He's a very humble person and I have a hunch that my crazy accolades probably make him a little uncomfortable, but his car is on a whole 'nother level.

Another cool thing about his car is that is surpasses a lot of the home systems out there. Back in the 90s we were trying to make car stereos that were nearly as good as home stereos. But with lots of DSP and total control over the environment, we're reaching a point where we can make cars sound *better* than the home, because we can optimize them for a single point is space. The same isn't practical at home, unless you go the Beolab 90 route.


----------



## Patrick Bateman (Sep 11, 2006)

Orion525iT said:


> Did you ever compare the raw driver measurements to the in-car base measurements with the current set up? I know you stated that the design was based on what sounded best, iirc, and that getting a "waveguide effect" was not a design consideration. But I am wondering how much gain and/or directivity you "accidentally" achieved. When I built my pods using Whispers (it was a shameless partial rip off of your car based on Patrick's review), I had the full intention of pushing the drivers as far into the apex as possible and then blending the pods to integrate them into windshield and dash to achieve some gain. My measurements showed that it did work, but my pods are mostly an artistic stab in the dark. At some point I plan to go in for round 2, which will most likely involve reshaping the dash at the apex, and shaving the cluster surround. The hope is better/lower gain with more constant directivity.
> 
> I think some of the newer cars with the small windows forward of the sail panel seem to lend themselves to better integration. I don't have one of those cars. One thing I am considering is the use of acrylic or lexan to form part of the wave guide. So at least you can see through it. However I can't convince myself that it will improve things from a psychological perspective, because it's still in your face. Because of that, the best approach might be to alter the dash to make the wave guide. Raise the dash to meet the windshield and hope that the natural contour of the windshield will get you what you need.
> 
> What are the primary goals for the next design? Directivity, gain, or integration? What are you hoping to improve upon?

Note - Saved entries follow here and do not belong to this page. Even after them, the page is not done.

/// A parametric that isn't given: inferred, or its default's value.
fn not_given(
    f: &Facts,
    w: &mut Walk,
    callee: CalledItem,
    ty: Option<TypeId>,
    parametric: &Parametric,
    found: &Inference,
    seen: &mut ParametricArgs,
) -> Result<Resolved, AllocError>
    ensures { IfOk result (λ r. seen_by.ResolvedFrom f.now callee (shown w.old) (shown w.new) seen.old seen.new ty (seen_by.not_given_by parametric.now (map number_of found.now.numbers.items) (map name_lent found.now.maybe.items)) r) }
{
    let name = &parametric.name.name;
    let might = may_have(found.maybe.as_slice(), name);
    if might {
        return Ok(Resolved::Unknown);
    }
    let first = first_inferred(found.numbers.as_slice(), name);
    match first {
        Some(first) => one_inferred(&w.types, ty, first, name, found.numbers.as_slice()),
        None => default_value(f, w, callee, ty, &parametric.default, seen),
    }
}

/// What is given for a parametric.
fn given_value(
    f: &Facts,
    types: &TypeTable,
    ty: Option<TypeId>,
    given: &ParametricArgument,
    seen: &mut ParametricArgs,
) -> Result<Resolved, AllocError>
    ensures { IfOk result (λ r. seen_by.GivenFrom (item_names f.now) types.now ty given.now seen.old seen.new r) }
{
    let typing = given.constant.typing;
    let own = wanted_faults(types, given.span, ty, typing.ty);
    seen.faults = seen.faults.and(own);
    of_type(f, types, ty, typing.ty, &given.constant.value)
}

/// What is given, or what it is where it isn't.
fn argument_value(
    f: &Facts,
    w: &mut Walk,
    callee: CalledItem,
    ty: Option<TypeId>,
    parametric: &Parametric,
    given: Option<&ParametricArgument>,
    found: &Inference,
    seen: &mut ParametricArgs,
) -> Result<Resolved, AllocError>
    ensures { IfOk result (λ r. seen_by.ArgumentFrom f.now callee (shown w.old) (shown w.new) seen.old seen.new ty parametric.now (option_copied given.entry) (map number_of found.now.numbers.items) (map name_lent found.now.maybe.items) r) }
{
    match given {
        Some(given) => given_value(f, &w.types, ty, given, seen),
        None => not_given(f, w, callee, ty, parametric, found, seen),
    }
}

/// The type that is declared for the next parametric, with what is found there where all before have values.
fn parametric_type(
    f: &Facts,
    w: &mut Walk,
    callee: CalledItem,
    seen: &mut ParametricArgs,
) -> Result<Option<TypeId>, AllocError>
    ensures { IfOk result (λ ty. Finds f.now callee (shown w.old) (shown w.new) (seen_by.DeclaredType (shown w.old).prefixes (shown w.new).rows callee seen.old seen.new ty)) }
{
    let is_hidden = callee.is_hidden;
    if is_hidden {
        return Ok(None);
    }
    let seen_there = parameter_seen(f, w, callee.item, seen.prefix, callee.is_cyclic)?;
    match seen_there {
        None => Ok(None),
        Some(there) => {
            seen.note_type(there)?;
            Ok(unless_unit(&w.types, there.ty))
        }
    }
}

/// The value of the next parametric, with what is found at its type.
fn next_value(
    f: &Facts,
    w: &mut Walk,
    callee: CalledItem,
    parametric: &Parametric,
    given: Option<&ParametricArgument>,
    found: &Inference,
    seen: &mut ParametricArgs,
) -> Result<Resolved, AllocError>
    ensures { IfOk result (λ r. seen_by.NextFrom f.now callee (shown w.old) (shown w.new) seen.old seen.new parametric.now (option_copied given.entry) (map number_of found.now.numbers.items) (map name_lent found.now.maybe.items) r) }
{
    let ty = parametric_type(f, w, callee, seen)?;
    let value = argument_value(f, w, callee, ty, parametric, given, found, seen)?;
    Ok(value)
}

/// What is given for the parametric of this number.
fn given_at(given: &[ParametricArgument], at: usize) -> Option<&ParametricArgument>
    ensures { option_copied result ≡ slice_get given.now at }
{
    match given.get(at) {
        Some(given) => Some(given),
        None => None,
    }
}

/// How much is missing that a walk asked for.
fn missing_count(w: &Walk) -> usize
    ensures { result ≡ length (shown w.now).missing }
{
    w.missing.len()
}

/// What a call or a spawn says of the parametrics of an item.
pub fn parametric_args(
    f: &Facts,
    w: &mut Walk,
    callee: CalledItem,
    parametrics: &[Parametric],
    given: &[ParametricArgument],
    found: &Inference,
) -> Result<ParametricArgs, AllocError>
    ensures { IfOk result (λ args. ArgsFrom f.now callee (shown w.old) (shown w.new) parametrics.now given.now (map number_of found.now.numbers.items) (map name_lent found.now.maybe.items) args) }
{
    let mut seen = ParametricArgs::new(f, &w.prefixes);
    let missing = missing_count(w);
    'parametrics: for i in 0..parametrics.len() {
        let argument = given_at(given, i);
        let parametric = &parametrics[i];
        let value = next_value(f, w, callee, parametric, argument, found, &mut seen)?;
        let now = missing_count(w);
        if now != missing {
            seen.are_known = false;
            seen.is_whole = false;
            return Ok(seen);
        }
        seen.put(f, w, value)?;
    }
    Ok(seen)
}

I think this cardioid and supercardioid stuff is promising. Check out the measurements in my thread - I'm able to eliminate 95% of the sound off-axis.

When you get to that level, you basically take the room out of the equation, and then you don't have to stress out about the locations so much.

I've been shamelessly plugging them lately, but go listen to a Beolab 90, this is the future of loudspeakers. When the music comes on, the room virtually disappears. It's like listening to a set of headphones.


----------



## MacLeod (Aug 16, 2009)

Patrick Bateman said:


> Gary *literally* spends 1000+ hours a year listening to music and movies. I hate to be a wet blanket, but trying to get your car to the level of his car would be like hopping in a Formula One car and trying to beat Ayrton Senna.


Well not to go all schoolyard but I've done this a time or two and in a full season of competition, will put in close to 1000 hours of tuning time. This wouldn't be my first time "hopping into an F1 car". I doubt I could match it considering his resources but let's not make it out like it's a magic stereo with rainbows and puppies coming out of the speakers. 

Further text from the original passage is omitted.